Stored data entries
- Opening Delimiter -

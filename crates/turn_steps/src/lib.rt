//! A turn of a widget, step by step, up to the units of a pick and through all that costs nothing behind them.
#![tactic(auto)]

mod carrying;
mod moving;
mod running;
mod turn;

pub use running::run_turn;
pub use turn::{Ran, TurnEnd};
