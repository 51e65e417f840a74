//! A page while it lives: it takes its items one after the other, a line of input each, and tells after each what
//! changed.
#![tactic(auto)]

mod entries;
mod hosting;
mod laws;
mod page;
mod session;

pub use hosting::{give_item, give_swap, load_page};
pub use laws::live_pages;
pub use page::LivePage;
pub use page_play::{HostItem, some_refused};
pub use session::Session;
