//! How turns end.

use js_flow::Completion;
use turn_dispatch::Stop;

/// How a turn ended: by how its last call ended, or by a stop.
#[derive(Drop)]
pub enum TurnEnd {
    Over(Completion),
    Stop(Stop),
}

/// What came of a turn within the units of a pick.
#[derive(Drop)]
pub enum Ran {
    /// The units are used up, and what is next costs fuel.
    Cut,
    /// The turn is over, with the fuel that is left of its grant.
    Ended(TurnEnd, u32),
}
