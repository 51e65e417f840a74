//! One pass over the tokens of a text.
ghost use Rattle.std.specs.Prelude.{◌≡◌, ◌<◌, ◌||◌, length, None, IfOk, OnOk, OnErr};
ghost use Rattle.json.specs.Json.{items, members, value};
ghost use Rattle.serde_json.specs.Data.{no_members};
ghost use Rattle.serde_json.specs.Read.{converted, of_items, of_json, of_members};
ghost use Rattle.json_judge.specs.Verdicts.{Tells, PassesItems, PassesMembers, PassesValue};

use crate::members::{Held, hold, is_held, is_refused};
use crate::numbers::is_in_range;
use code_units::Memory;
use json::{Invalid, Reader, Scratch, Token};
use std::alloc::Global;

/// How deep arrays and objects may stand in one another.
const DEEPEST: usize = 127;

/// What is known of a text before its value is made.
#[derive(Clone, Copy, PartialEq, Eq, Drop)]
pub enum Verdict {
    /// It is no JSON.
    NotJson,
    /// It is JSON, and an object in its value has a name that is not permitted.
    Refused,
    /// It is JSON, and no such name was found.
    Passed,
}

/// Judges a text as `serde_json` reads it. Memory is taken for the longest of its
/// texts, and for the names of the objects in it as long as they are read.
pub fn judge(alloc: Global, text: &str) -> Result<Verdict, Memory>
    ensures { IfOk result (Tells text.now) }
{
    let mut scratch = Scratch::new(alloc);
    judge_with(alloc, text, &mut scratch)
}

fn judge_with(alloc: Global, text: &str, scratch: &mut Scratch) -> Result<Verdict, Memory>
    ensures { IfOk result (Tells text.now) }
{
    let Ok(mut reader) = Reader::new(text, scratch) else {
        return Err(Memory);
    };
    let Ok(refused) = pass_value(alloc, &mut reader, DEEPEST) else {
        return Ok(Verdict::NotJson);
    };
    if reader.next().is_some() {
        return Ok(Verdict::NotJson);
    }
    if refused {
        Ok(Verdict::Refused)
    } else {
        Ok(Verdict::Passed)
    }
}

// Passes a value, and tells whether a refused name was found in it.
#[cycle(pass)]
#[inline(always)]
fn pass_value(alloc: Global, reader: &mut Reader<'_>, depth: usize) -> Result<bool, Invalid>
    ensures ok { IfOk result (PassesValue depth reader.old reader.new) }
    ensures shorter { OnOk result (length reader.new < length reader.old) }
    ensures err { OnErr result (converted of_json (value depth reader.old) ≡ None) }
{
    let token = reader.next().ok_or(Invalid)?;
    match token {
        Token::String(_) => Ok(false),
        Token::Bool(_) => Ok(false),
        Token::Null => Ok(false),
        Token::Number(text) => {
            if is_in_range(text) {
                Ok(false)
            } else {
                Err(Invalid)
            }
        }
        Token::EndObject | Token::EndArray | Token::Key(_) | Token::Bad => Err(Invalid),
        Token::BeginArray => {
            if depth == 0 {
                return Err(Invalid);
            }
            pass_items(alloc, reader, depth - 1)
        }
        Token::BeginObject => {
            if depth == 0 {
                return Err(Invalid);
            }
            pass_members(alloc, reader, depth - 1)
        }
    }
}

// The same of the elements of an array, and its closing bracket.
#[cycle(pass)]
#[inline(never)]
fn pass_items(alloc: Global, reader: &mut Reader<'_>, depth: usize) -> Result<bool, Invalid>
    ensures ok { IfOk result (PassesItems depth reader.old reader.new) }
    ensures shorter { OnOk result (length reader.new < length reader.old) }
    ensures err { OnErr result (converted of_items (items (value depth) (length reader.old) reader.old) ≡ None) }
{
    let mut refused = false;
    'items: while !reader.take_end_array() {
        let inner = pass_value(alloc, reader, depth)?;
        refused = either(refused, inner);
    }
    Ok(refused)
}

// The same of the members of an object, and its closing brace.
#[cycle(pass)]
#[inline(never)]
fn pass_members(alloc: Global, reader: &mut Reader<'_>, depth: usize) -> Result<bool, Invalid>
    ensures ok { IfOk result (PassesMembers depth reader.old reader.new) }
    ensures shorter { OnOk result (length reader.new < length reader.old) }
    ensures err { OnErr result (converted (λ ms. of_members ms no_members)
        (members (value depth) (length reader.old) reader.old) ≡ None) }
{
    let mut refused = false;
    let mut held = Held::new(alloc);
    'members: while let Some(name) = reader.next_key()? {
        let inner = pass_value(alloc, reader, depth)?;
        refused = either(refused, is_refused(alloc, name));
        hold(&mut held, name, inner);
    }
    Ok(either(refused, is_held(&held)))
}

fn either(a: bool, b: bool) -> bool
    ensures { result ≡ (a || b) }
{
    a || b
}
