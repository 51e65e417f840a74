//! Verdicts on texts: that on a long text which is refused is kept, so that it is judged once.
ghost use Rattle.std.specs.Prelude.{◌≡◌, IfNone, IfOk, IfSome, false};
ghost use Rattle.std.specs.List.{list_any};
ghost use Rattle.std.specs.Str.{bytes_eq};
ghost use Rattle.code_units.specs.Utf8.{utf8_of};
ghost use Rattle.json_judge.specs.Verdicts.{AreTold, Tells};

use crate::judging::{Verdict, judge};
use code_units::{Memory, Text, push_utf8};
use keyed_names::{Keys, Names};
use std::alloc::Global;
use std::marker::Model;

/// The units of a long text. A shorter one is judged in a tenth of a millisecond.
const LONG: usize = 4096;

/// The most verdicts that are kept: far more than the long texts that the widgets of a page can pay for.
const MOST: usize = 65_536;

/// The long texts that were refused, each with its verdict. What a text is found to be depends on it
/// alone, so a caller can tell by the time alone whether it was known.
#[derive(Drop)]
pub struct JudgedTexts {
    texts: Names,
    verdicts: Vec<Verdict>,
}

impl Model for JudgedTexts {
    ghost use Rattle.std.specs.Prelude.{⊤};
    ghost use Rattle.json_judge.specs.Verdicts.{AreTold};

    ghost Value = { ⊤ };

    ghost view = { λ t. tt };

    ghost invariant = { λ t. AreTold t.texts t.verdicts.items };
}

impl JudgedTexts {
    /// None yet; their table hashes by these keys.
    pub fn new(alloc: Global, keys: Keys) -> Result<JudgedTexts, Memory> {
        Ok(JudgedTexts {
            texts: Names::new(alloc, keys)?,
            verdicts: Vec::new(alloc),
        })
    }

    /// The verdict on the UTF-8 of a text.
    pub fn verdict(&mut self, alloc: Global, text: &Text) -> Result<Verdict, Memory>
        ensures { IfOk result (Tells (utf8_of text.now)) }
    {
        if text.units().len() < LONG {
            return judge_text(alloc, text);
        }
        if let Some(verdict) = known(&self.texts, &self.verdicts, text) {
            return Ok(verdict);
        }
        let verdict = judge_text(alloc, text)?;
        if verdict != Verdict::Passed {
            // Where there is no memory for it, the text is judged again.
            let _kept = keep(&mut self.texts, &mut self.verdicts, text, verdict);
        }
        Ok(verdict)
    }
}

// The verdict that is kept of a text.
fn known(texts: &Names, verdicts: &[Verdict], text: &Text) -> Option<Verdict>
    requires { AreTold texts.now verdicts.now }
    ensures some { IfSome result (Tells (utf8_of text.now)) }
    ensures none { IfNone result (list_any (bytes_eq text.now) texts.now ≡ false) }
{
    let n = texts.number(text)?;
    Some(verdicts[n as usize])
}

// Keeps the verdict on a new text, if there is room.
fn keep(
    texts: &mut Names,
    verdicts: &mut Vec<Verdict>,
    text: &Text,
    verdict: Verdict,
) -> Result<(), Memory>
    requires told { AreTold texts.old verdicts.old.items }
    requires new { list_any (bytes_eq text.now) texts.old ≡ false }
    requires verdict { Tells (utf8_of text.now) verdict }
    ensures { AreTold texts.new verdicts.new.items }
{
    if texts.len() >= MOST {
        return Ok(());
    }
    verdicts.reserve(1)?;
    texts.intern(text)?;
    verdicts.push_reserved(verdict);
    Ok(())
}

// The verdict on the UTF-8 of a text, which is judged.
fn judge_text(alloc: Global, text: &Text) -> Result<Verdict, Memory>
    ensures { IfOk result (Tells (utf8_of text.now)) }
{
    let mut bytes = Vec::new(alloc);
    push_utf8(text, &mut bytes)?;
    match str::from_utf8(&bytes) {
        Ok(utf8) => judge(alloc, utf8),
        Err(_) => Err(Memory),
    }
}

- Closing Delimiter -

Problem to solve :: Which lines above carry the string "Completion"? Copy those lines.

Written solution ::
use js_flow::Completion;
    Over(Completion),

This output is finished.